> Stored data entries
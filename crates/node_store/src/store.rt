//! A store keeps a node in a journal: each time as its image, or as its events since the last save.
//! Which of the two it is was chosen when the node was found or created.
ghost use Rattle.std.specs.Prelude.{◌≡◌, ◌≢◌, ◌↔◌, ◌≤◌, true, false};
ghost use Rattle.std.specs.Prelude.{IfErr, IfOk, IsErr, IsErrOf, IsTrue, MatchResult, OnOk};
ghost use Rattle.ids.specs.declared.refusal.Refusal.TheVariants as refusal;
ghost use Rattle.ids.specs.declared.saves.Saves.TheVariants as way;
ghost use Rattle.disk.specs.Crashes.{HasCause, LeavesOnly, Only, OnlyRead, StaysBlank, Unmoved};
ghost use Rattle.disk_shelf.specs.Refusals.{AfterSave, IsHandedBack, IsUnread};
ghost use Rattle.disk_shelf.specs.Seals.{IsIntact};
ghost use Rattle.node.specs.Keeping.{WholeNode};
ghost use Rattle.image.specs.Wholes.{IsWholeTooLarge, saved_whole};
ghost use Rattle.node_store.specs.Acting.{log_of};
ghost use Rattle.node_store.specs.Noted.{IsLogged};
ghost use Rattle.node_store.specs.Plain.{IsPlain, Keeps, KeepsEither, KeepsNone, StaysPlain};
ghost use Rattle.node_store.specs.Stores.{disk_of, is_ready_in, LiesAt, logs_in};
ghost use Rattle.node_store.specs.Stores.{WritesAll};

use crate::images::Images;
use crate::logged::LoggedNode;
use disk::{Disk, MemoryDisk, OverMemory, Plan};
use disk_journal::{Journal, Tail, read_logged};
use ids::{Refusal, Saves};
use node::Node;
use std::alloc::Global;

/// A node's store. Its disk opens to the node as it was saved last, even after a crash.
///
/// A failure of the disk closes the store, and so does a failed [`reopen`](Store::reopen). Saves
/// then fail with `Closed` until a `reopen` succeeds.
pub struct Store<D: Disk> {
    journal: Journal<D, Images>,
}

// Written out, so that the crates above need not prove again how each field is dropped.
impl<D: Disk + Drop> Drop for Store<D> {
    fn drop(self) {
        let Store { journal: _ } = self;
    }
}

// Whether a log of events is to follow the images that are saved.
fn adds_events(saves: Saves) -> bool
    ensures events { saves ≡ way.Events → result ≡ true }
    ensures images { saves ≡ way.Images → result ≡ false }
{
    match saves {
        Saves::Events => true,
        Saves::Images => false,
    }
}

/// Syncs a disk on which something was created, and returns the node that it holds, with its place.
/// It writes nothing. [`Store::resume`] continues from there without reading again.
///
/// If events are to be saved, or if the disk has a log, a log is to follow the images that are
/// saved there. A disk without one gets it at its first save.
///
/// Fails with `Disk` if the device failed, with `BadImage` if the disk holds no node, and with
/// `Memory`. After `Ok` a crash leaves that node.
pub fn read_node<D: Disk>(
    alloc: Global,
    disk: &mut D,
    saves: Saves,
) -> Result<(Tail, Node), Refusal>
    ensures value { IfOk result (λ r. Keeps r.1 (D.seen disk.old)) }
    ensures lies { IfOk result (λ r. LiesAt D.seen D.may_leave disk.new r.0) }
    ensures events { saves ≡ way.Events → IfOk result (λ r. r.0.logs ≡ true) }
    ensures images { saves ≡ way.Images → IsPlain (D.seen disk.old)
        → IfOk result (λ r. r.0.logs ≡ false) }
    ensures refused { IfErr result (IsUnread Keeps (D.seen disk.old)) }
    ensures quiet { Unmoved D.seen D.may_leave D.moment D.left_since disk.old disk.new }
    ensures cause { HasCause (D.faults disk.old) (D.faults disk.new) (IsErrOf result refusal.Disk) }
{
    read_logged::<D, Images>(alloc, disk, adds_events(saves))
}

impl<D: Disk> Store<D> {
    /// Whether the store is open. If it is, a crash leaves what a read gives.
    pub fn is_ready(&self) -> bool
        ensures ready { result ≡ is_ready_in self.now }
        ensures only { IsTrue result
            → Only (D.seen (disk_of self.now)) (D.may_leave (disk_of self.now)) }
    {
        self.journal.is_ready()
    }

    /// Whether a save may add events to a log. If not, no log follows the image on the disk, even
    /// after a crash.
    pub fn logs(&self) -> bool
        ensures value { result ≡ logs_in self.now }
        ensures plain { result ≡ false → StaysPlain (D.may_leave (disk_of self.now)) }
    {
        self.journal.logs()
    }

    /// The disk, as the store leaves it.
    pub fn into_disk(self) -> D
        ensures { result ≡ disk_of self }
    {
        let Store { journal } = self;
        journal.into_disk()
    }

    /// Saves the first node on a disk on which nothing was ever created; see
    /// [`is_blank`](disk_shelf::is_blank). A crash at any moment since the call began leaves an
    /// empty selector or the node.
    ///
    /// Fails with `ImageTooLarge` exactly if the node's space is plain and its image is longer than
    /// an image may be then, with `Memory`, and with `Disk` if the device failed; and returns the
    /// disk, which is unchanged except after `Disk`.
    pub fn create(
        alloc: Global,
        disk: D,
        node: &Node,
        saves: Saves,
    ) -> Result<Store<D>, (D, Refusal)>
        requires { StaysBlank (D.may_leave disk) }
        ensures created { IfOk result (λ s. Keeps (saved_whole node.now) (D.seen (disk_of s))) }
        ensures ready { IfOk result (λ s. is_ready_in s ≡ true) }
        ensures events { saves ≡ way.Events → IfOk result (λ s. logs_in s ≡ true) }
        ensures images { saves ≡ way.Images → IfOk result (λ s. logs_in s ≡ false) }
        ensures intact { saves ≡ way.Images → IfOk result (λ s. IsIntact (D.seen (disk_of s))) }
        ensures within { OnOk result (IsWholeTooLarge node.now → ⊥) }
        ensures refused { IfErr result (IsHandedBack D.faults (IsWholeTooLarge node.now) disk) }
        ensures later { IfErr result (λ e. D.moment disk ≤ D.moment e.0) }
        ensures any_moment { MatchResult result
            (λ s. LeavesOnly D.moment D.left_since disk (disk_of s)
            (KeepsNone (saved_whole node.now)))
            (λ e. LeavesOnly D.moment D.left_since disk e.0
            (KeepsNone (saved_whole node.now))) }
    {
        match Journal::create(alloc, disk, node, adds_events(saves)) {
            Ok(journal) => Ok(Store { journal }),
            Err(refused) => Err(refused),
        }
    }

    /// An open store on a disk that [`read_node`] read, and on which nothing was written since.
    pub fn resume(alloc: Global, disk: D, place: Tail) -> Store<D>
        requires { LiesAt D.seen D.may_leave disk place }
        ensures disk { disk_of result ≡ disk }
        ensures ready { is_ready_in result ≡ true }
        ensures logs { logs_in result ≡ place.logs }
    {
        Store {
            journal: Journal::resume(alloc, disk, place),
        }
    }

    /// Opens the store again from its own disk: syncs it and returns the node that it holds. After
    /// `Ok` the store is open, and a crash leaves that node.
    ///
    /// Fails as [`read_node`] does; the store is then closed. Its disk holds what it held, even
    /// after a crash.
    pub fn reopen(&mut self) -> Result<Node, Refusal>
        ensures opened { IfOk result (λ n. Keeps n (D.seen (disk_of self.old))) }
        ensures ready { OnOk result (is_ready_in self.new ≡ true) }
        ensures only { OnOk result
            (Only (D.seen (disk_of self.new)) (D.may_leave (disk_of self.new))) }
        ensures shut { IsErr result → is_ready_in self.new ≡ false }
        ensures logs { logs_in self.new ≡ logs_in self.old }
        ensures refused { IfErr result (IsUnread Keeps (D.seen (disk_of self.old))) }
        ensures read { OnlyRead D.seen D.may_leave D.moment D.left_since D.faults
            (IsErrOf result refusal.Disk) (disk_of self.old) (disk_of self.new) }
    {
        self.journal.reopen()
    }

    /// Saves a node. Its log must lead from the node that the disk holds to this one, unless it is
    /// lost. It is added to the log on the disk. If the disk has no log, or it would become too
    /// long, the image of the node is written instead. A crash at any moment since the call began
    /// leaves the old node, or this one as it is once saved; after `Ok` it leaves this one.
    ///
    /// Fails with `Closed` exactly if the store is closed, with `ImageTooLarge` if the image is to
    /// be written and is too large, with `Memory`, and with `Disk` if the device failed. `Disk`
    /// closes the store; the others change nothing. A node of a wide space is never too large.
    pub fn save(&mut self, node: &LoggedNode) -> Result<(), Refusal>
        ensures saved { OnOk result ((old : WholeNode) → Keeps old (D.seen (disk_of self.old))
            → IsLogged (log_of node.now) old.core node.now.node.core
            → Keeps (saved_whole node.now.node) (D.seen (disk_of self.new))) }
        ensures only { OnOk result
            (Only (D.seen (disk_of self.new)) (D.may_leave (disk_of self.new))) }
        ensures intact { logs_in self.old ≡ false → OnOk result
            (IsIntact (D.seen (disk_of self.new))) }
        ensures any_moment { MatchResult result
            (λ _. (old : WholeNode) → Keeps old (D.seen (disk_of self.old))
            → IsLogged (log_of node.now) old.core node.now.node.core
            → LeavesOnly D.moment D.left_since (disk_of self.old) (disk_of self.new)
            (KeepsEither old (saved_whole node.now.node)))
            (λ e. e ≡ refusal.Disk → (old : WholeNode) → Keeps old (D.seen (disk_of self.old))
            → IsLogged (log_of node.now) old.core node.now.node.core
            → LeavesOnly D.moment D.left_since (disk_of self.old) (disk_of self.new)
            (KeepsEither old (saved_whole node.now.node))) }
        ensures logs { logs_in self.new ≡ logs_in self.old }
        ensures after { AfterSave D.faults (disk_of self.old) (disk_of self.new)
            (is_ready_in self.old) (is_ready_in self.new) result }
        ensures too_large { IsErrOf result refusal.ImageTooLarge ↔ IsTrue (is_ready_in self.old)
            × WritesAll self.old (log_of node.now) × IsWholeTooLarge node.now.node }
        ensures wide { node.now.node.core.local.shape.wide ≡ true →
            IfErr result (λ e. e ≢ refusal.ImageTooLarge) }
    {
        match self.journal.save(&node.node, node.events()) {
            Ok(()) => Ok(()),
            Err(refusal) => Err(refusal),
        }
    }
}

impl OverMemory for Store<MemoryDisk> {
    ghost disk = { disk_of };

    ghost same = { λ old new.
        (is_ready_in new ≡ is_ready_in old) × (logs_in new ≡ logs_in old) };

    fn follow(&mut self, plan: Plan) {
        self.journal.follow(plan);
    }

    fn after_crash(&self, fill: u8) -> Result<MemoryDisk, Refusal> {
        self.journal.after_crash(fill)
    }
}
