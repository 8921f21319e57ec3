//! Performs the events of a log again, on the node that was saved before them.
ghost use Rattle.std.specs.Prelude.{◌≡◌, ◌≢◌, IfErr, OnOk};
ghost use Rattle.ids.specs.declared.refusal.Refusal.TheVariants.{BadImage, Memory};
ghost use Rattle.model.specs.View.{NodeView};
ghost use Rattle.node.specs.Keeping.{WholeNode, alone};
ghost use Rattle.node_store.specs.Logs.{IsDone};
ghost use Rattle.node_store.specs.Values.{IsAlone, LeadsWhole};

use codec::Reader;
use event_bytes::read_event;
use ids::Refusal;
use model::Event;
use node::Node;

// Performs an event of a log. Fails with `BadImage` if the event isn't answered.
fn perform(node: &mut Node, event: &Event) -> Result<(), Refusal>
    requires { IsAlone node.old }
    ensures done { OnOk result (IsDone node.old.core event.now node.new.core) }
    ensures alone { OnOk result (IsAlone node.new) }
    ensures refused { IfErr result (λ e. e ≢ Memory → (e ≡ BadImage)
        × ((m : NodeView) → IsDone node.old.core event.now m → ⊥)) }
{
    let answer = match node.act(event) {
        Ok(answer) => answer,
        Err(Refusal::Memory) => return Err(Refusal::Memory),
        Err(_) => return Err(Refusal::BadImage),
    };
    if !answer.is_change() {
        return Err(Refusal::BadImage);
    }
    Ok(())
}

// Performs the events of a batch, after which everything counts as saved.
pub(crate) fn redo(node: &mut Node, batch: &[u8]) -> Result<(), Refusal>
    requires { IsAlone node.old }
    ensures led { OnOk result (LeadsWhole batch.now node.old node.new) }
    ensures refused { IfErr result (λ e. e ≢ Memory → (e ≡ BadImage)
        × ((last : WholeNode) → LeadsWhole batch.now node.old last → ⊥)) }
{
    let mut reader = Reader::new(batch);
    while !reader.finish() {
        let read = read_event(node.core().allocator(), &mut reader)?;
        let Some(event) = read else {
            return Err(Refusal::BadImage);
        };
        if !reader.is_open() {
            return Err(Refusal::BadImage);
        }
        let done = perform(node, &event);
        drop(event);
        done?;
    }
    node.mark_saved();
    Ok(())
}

> About this exercise
Please return only the lines above, starting at the line that has "(λ s. Keeps" and ending at the line that has "IfErr result (IsHandedBack", keeping both and leaving each one unchanged.

> The answer
        ensures created { IfOk result (λ s. Keeps (saved_whole node.now) (D.seen (disk_of s))) }
        ensures ready { IfOk result (λ s. is_ready_in s ≡ true) }
        ensures events { saves ≡ way.Events → IfOk result (λ s. logs_in s ≡ true) }
        ensures images { saves ≡ way.Images → IfOk result (λ s. logs_in s ≡ false) }
        ensures intact { saves ≡ way.Images → IfOk result (λ s. IsIntact (D.seen (disk_of s))) }
        ensures within { OnOk result (IsWholeTooLarge node.now → ⊥) }
        ensures refused { IfErr result (IsHandedBack D.faults (IsWholeTooLarge node.now) disk) }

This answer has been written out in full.